3. Hardball negotiations, need for change but still shying away from a total transformation, you use
skilled negotiating tactics to improve labor contracts, airport fees, leasing costs, financing terms
and conditions and across the board supplier discounts. Needs experienced negotiators, and in
LIAT’s case much of the fight will be with shareholder governments for change, which at this time is
a no go deal, the Board probably hired a CEO that has no fight in him, unlike former CEO Mark Darby
who had fight in him, but was sacked early.

4. Transformation, when you have a strong case for cost savings, strengthening the competitive
position of the airline, and identified new sources of optimizing existing assets, you are ready for a
new cost reduction model, BUT you need the shareholders behind you 100%. Change is always
difficult, especially in uncertain times when the airline’s future rests on the outcome of a successful
change. Here leadership is key, something that has been totally lacking in LIAT’s Chairman and
Board for years (you can read that in Mark Darby’s account of his days at LIAT, on the web). This is
what LIAT needs, strategic and financial restructuring as soon as possible, if it is to survive to see
2016.

I have undertaken several airline restructurings, and want to save that topic for another article but in
LIAT’s case, I will summarize what I would need to do if I was CEO :

1. Strategic repositioning, a strategy based on anew business model, with a clear vision, mission
and customer value proposition, using value chain design, balance scorecard and strategy maps,
need to have leadership driving this, and everyone at LIAT to understand the new strategy and
everyone on board and aligned with it. With American Airline’s Eagle operation shut down in San
Juan, Puerto Rico there are many opportunities in that market.

2. Reorganisation, this is the structure part, staffing is to be reduced, skills improved with new
training more flexible work rules, change management implemented, out with the nay sayers and
keep those that are on board willing to change and worked for a better LIAT.

3. Value chain improvements, revenue enhancements through more code shares, new destinations
to hubs. Cost reduction in staff, but also dropping direct services to markets that do not produce
profit, code share with 18-30 seat operators on those thinner routes. Reduce assets, maybe 12
ATR’s are too much, since they are new, there is no reason why the ATR’s cannot fly 8+ hours daily.
With revenue enhancement, cost reductions we get improved profitability, positive cash flow, then
better ROIC (return on invested capital), somewhere around 12%, should be the target, so that the
airline can sustain its growth without more Government aid.

LIAT has a future, it is sadly in the hands of the Chairman and the Board, the CEO is in the middle but
he needs to be tough and push for change, otherwise sit back and enjoy the nice weather and wait
for the end to come, and it will come, sadly.
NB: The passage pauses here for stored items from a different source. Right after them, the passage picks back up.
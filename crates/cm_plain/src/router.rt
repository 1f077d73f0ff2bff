//! The plain program beside the definitions of the router: a whole machine with its messages, in
//! which every step makes all chips, buffers and logs anew from the old ones.

ghost use Rattle.std.specs.Prelude.{◌≡◌, ℕ, ◌+◌, ◌^◌, ◌<◌, ◌≤◌, ◌==◌, false, List, [], ◌∷◌, ◌++◌, length, map};
ghost use Rattle.std.specs.Prelude.{replicate, slice_set, bit_xor, IfOk, OnOk, OnErr, if◌then◌else◌};
ghost use Rattle.cm_model.specs.declared.message.Message.{Message};
ghost use Rattle.cm_model.specs.declared.message.Event.{Event};
ghost use Rattle.cm_model.specs.declared.message.Event.TheVariants.{Injected, Delivered};
ghost use Rattle.cm_model.specs.declared.act.Act.TheVariants as act;
ghost use Rattle.cm_model.specs.Processor.{ZERO, memory_bit, flag};
ghost use Rattle.cm_model.specs.Chip.{each_processor, processor_at, with_memory_bit, with_flag};
ghost use Rattle.cm_model.specs.Array.{each_chip, chip_at, after_nano, nth_or_nil};
ghost use Rattle.cm_model.specs.Letters.{can_receive, chip_after_injection, chip_after_delivery};
ghost use Rattle.cm_model.specs.Machine.{Machine, blank_machine, run_of};
ghost use Rattle.cm_model.specs.Wiring.{plain_routing, way_of};
ghost use Rattle.cm_model.specs.Buffers.{taken_in, sent_in, machine_after_injection, sent_across};
ghost use Rattle.cm_model.specs.Buffers.{buffers_after_dimension};
ghost use Rattle.cm_model.specs.Buffers.{machine_after_dimension, delivered_in, machine_after_delivery};
ghost use Rattle.cm_model.specs.OneChip.{kept};
ghost use Rattle.cm_model.specs.Buffers.{after_act};

use crate::buffer::{PlainBuffer, PlainLog, Sorted};
use crate::leaving::{Way, is_cut};
use crate::machine::{PlainChip, PlainMachine};
use cm_bits::{Addr, Edge, FlagNo, NoMemory, Proc};
use cm_model::{Act, Event, Message, Nano, Rule};
use std::alloc::Global;
use std::marker::Model;

/// A machine of `2 ^ N` chips with their routers, which have room for `CAP` messages each.
///
/// Contracts see its chips, each the list of its processors, the messages and the events of each
/// chip, and the count of petit cycles.
#[derive(Drop)]
pub struct PlainRouter<const N: usize, const CAP: usize> {
    chips: PlainMachine<N>,
    buffers: Vec<PlainBuffer>,
    logs: Vec<PlainLog>,
    clock: u64,
    cuts: Vec<Edge>,
    rule: Rule,
}

impl<const N: usize, const CAP: usize> Model for PlainRouter<N, CAP> {
    ghost Value = { Machine };

    ghost view = { λ router. record {
      chips = router.chips;
      buffers = router.buffers.items;
      logs = router.logs.items;
      clock = router.clock;
      routing = record { cuts = router.cuts.items; rule = router.rule };
    } };

    ghost invariant = { λ router.
        (N ≤ 12) × (length router.buffers.items ≡ 2 ^ N) × (length router.logs.items ≡ 2 ^ N) };
}
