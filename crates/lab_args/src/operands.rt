//! The words that commands take, by the names that help has for them, and what they say.

ghost use Rattle.std.specs.Prelude.{◌≡◌, ◌^◌, IfOk, IfErr, Ok};
ghost use Rattle.lab_args.specs.Refusals.{Reports};
ghost use Rattle.lab_args.specs.Operands.{field, file_named, is_option, operand_name, wanted_number, operand_below};
ghost use Rattle.lab_args.specs.Operands.{of_sixteen};
ghost use Rattle.lab_args.specs.Operands.{palette_named, pattern_named, scale_of, table_named, wanted_of};

use crate::fault::CommandFault;
use cm_bits::{Field, FlagNo, Proc};
use lab_data::Palette;
use lab_load::{LoadTable, Pattern};
use std::alloc::Global;

/// A word that a command takes.
#[derive(Clone, Copy, Debug, PartialEq, Eq)]
pub enum Operand {
    Address,
    Length,
    Flag,
    Proc,
    Cycle,
    /// A petit cycle at which what is told begins or ends.
    Bound,
    Chip,
    Dim,
    Count,
    N,
    Cap,
    Rule,
    Rate,
    Cycles,
    Pattern,
    Background,
    Until,
    Skip,
    Seeds,
    Seed,
    /// The length of a field of which a picture is told.
    Depth,
    Scale,
    Palette,
    /// Which table of loads.
    Table,
}

impl Operand {
    /// Its name in the help.
    pub fn name(self) -> &'static str
        ensures { result.now ≡ operand_name self }
    {
        match self {
            Operand::Address => "ADDRESS",
            Operand::Length | Operand::Depth => "LENGTH",
            Operand::Flag => "NUMBER",
            Operand::Proc => "PROC",
            Operand::Cycle => "CYCLE",
            Operand::Chip => "CHIP",
            Operand::Dim => "DIM",
            Operand::Count | Operand::Seeds => "K",
            Operand::N => "N",
            Operand::Cap => "CAP",
            Operand::Rule => "R",
            Operand::Rate => "RATE",
            Operand::Cycles => "CYCLES",
            Operand::Pattern => "P",
            Operand::Background => "H",
            Operand::Until | Operand::Skip | Operand::Bound => "T",
            Operand::Seed => "S",
            Operand::Scale => "K",
            Operand::Palette | Operand::Table => "NAME",
        }
    }

    /// What is wanted in its place.
    pub fn wanted(self) -> &'static str
        ensures { result.now ≡ wanted_of self }
    {
        match self {
            Operand::Address | Operand::Chip => "a decimal number from 0 to 4095",
            Operand::Length => "a decimal number from 1 to 64",
            Operand::Flag | Operand::Proc => "a decimal number from 0 to 15",
            Operand::Cycle | Operand::Bound => "the decimal number of a petit cycle",
            Operand::Dim => "a decimal number from 0 to 11",
            Operand::Count => "a decimal number from 0 to 24576",
            Operand::N => "a decimal number from 0 to 12",
            Operand::Cap => "a decimal number from 1 to 15",
            Operand::Rule => "0 or 1",
            Operand::Rate =>
                "0 to 16 with at most two digits behind a point, as 0.25, or some with commas between",
            Operand::Cycles => "a decimal number from 1 to 1000000",
            Operand::Pattern => "uniform, transpose, reversal or hotspot",
            Operand::Background => "a decimal number from 0 to 100",
            Operand::Until => "a decimal number from 0 to 4294967295",
            Operand::Skip => "a decimal number from 0 to 999999",
            Operand::Seeds => "a decimal number from 1 to 1000",
            Operand::Seed => "a decimal number from 0 to 18446744073709551615",
            Operand::Depth => "a decimal number from 1 to 16 for a picture",
            Operand::Scale => "a decimal number from 1 to 64",
            Operand::Palette => "heat or viridis",
            Operand::Table => "crossings, dimensions, chips or latencies",
        }
    }
}

/// Whether a word begins with two dashes.
pub(crate) fn is_option(word: &str) -> bool
    ensures { result ≡ is_option word.now }
{
    matches!(word.as_bytes(), [b'-', b'-', ..])
}

/// The name of a file that is written: no option, which may stand in a wrong place.
pub(crate) fn file_named<'a>(word: &'a str) -> Result<&'a str, CommandFault>
    ensures value { IfOk result (λ file. file_named word.now ≡ Ok file.now) }
    ensures refused { IfErr result (Reports (file_named word.now)) }
{
    if is_option(word) {
        return Err(CommandFault::Words);
    }
    Ok(word)
}

/// One of sixteen.
fn of_sixteen(alloc: Global, operand: Operand, word: &str) -> Result<u8, CommandFault>
    ensures value { IfOk result (λ number. operand_below 16 operand word.now ≡ Ok number) }
    ensures refused { IfErr result (Reports (operand_below 16 operand word.now)) }
{
    match word.parse::<u8>() {
        Ok(number) if number < 16 => Ok(number),
        _ => Err(CommandFault::operand(alloc, operand, word)),
    }
}

pub(crate) fn processor(alloc: Global, word: &str) -> Result<Proc, CommandFault>
    ensures value { IfOk result (λ number. operand_below 16 Operand.Proc word.now ≡ Ok number) }
    ensures refused { IfErr result (Reports (operand_below 16 Operand.Proc word.now)) }
{
    let number = of_sixteen(alloc, Operand::Proc, word)?;
    match Proc::new(number) {
        Some(number) => Ok(number),
        None => Err(CommandFault::operand(alloc, Operand::Proc, word)),
    }
}

pub(crate) fn flag(alloc: Global, word: &str) -> Result<FlagNo, CommandFault>
    ensures value { IfOk result (λ number. operand_below 16 Operand.Flag word.now ≡ Ok number) }
    ensures refused { IfErr result (Reports (operand_below 16 Operand.Flag word.now)) }
{
    let number = of_sixteen(alloc, Operand::Flag, word)?;
    match FlagNo::new(number) {
        Some(number) => Ok(number),
        None => Err(CommandFault::operand(alloc, Operand::Flag, word)),
    }
}

/// The number of an operand, of which another crate tells where it is too large.
pub(crate) fn number(alloc: Global, operand: Operand, word: &str) -> Result<u16, CommandFault>
    ensures value { IfOk result (λ number. operand_below (2 ^ 16) operand word.now ≡ Ok number) }
    ensures refused { IfErr result (Reports (operand_below (2 ^ 16) operand word.now)) }
{
    match word.parse::<u16>() {
        Ok(number) => Ok(number),
        Err(_) => Err(CommandFault::operand(alloc, operand, word)),
    }
}

/// A number of petit cycles.
pub(crate) fn cycle_count(alloc: Global, operand: Operand, word: &str) -> Result<u32, CommandFault>
    ensures value { IfOk result (λ number. operand_below (2 ^ 32) operand word.now ≡ Ok number) }
    ensures refused { IfErr result (Reports (operand_below (2 ^ 32) operand word.now)) }
{
    match word.parse::<u32>() {
        Ok(number) => Ok(number),
        Err(_) => Err(CommandFault::operand(alloc, operand, word)),
    }
}

/// A petit cycle, or a seed.
pub(crate) fn long_number(alloc: Global, operand: Operand, word: &str) -> Result<u64, CommandFault>
    ensures value { IfOk result (λ number. operand_below (2 ^ 64) operand word.now ≡ Ok number) }
    ensures refused { IfErr result (Reports (operand_below (2 ^ 64) operand word.now)) }
{
    match word.parse::<u64>() {
        Ok(number) => Ok(number),
        Err(_) => Err(CommandFault::operand(alloc, operand, word)),
    }
}

/// The field of an address and a length.
pub(crate) fn field(alloc: Global, at: &str, len: &str) -> Result<Field, CommandFault>
    ensures value { IfOk result (λ span. field at.now len.now ≡ Ok span) }
    ensures refused { IfErr result (Reports (field at.now len.now)) }
{
    let at = number(alloc, Operand::Address, at)?;
    let len = number(alloc, Operand::Length, len)?;
    match Field::new(at, len) {
        Ok(field) => Ok(field),
        Err(fault) => Err(CommandFault::Field(fault)),
    }
}

/// How many dots wide and high a dot becomes.
pub(crate) fn scale(alloc: Global, word: &str) -> Result<u16, CommandFault>
    ensures value { IfOk result (λ k. scale_of word.now ≡ Ok k) }
    ensures refused { IfErr result (Reports (scale_of word.now)) }
{
    let k = number(alloc, Operand::Scale, word)?;
    if 0 < k && k < 65 {
        Ok(k)
    } else {
        Err(CommandFault::operand(alloc, Operand::Scale, word))
    }
}

pub(crate) fn palette(alloc: Global, word: &str) -> Result<Palette, CommandFault>
    ensures value { IfOk result (λ palette. palette_named word.now ≡ Ok palette) }
    ensures refused { IfErr result (Reports (palette_named word.now)) }
{
    match word {
        "heat" => Ok(Palette::Heat),
        "viridis" => Ok(Palette::Viridis),
        _ => Err(CommandFault::operand(alloc, Operand::Palette, word)),
    }
}

pub(crate) fn pattern(alloc: Global, word: &str) -> Result<Pattern, CommandFault>
    ensures value { IfOk result (λ pattern. pattern_named word.now ≡ Ok pattern) }
    ensures refused { IfErr result (Reports (pattern_named word.now)) }
{
    match word {
        "uniform" => Ok(Pattern::Uniform),
        "transpose" => Ok(Pattern::Transpose),
        "reversal" => Ok(Pattern::Reversal),
        "hotspot" => Ok(Pattern::HotSpot),
        _ => Err(CommandFault::operand(alloc, Operand::Pattern, word)),
    }
}

/// The table of loads of this name.
pub(crate) fn table(alloc: Global, word: &str) -> Result<LoadTable, CommandFault>
    ensures value { IfOk result (λ table. table_named word.now ≡ Ok table) }
    ensures refused { IfErr result (Reports (table_named word.now)) }
{
    match word {
        "crossings" => Ok(LoadTable::Crossings),
        "dimensions" => Ok(LoadTable::Dimensions),
        "chips" => Ok(LoadTable::Chips),
        "latencies" => Ok(LoadTable::Latencies),
        _ => Err(CommandFault::operand(alloc, Operand::Table, word)),
    }
}
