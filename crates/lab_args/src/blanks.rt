//! The words of `fresh`.

ghost use Rattle.std.specs.Prelude.{◌≡◌, IfOk, IfErr, Ok};
ghost use Rattle.lab_args.specs.Words.{texts};
ghost use Rattle.lab_args.specs.Refusals.{Reports};
ghost use Rattle.lab_args.specs.Requests.{blank_asked};
ghost use Rattle.lab_args.specs.Blanks.{blank, wire_named, with_choice, blank_with_cut, with_ends};

use crate::fault::CommandFault;
use crate::operands::{Operand, file_named, long_number, number};
use lab_fresh::WireEnd;
use std::alloc::Global;

/// A blank machine, and the file into which its image goes.
#[derive(Drop)]
pub struct Blank<'a> {
    pub n: u16,
    pub room: u16,
    pub cuts: Vec<WireEnd>,
    /// So many wires more are drawn, by this seed.
    pub drawn: u16,
    pub seed: u64,
    pub rule: u16,
    pub out: &'a str,
}

/// A blank machine: its dimensions, its room, and the words behind these, of which the last is the file.
pub(crate) fn read_blank<'a>(
    alloc: Global,
    n: &str,
    room: &str,
    words: &[&'a str],
) -> Result<Blank<'a>, CommandFault>
    ensures value { IfOk result (λ found. blank n.now room.now (texts words.now) ≡ Ok (blank_asked found)) }
    ensures refused { IfErr result (Reports (blank n.now room.now (texts words.now))) }
{
    let n = number(alloc, Operand::N, n)?;
    let room = number(alloc, Operand::Cap, room)?;
    let plain = Blank {
        n,
        room,
        cuts: Vec::new(alloc),
        drawn: 0,
        seed: 1,
        rule: 0,
        out: "",
    };
    with_ends(alloc, plain, words)
}

/// Takes what the options say, and the file behind them.
fn with_ends<'a>(
    alloc: Global,
    machine: Blank<'a>,
    words: &[&'a str],
) -> Result<Blank<'a>, CommandFault>
    ensures value { IfOk result
        (λ found. with_ends (blank_asked machine.entry) (texts words.now) ≡ Ok (blank_asked found)) }
    ensures refused { IfErr result (Reports (with_ends (blank_asked machine.entry) (texts words.now))) }
{
    match words {
        [] => Err(CommandFault::Words),
        [out] => {
            let out = file_named(out)?;
            Ok(Blank { out, ..machine })
        }
        [option, word, after @ ..] => {
            if *option == "--cut" {
                let Some((dim, after)) = after.split_first() else {
                    return Err(CommandFault::Words);
                };
                let cut = with_cut(alloc, machine, word, dim)?;
                with_ends(alloc, cut, after)
            } else {
                let changed = with_choice(alloc, machine, option, word)?;
                with_ends(alloc, changed, after)
            }
        }
    }
}

/// Takes what an option says that has one word behind it.
fn with_choice<'a>(
    alloc: Global,
    machine: Blank<'a>,
    option: &str,
    word: &str,
) -> Result<Blank<'a>, CommandFault>
    ensures value { IfOk result
        (λ changed. with_choice (blank_asked machine.entry) option.now word.now ≡ Ok (blank_asked changed)) }
    ensures refused { IfErr result (Reports (with_choice (blank_asked machine.entry) option.now word.now)) }
{
    match option {
        "--rule" => {
            let rule = number(alloc, Operand::Rule, word)?;
            Ok(Blank { rule, ..machine })
        }
        "--cut-random" => {
            let drawn = number(alloc, Operand::Count, word)?;
            Ok(Blank { drawn, ..machine })
        }
        "--seed" => {
            let seed = long_number(alloc, Operand::Seed, word)?;
            Ok(Blank { seed, ..machine })
        }
        _ => Err(CommandFault::Words),
    }
}

fn with_cut<'a>(
    alloc: Global,
    machine: Blank<'a>,
    chip: &str,
    dim: &str,
) -> Result<Blank<'a>, CommandFault>
    ensures value { IfOk result
        (λ cut. blank_with_cut (blank_asked machine.entry) chip.now dim.now ≡ Ok (blank_asked cut)) }
    ensures refused { IfErr result (Reports (blank_with_cut (blank_asked machine.entry) chip.now dim.now)) }
{
    let mut cut = machine;
    let wire = wire_named(alloc, chip, dim)?;
    if cut.cuts.push(wire).is_err() {
        return Err(CommandFault::Memory);
    }
    Ok(cut)
}

/// A wire by the words for its chip and its dimension.
pub(crate) fn wire_named(alloc: Global, chip: &str, dim: &str) -> Result<WireEnd, CommandFault>
    ensures value { IfOk result (λ wire. wire_named chip.now dim.now ≡ Ok wire) }
    ensures refused { IfErr result (Reports (wire_named chip.now dim.now)) }
{
    let chip = number(alloc, Operand::Chip, chip)?;
    let dim = number(alloc, Operand::Dim, dim)?;
    Ok(WireEnd { chip, dim })
}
I first worked with LIAT in the late 1980’s, love the airline,
love the people of the Eastern Caribbean, just want to see a viable LIAT to be the best it can be, a
regional from Santo Domingo to Kingston to Panama, Colombia, Guyana to St. Maarten and
everything in between.

Best wishes Mr. David Evans (CEO), wish you the very best in the next 3 years, you will either be the
hero for saving LIAT or the heel that buried it ! I and most of the good people of the Eastern
Caribbean hope you will be the hero and make LIAT the airline it deserves to be and can be.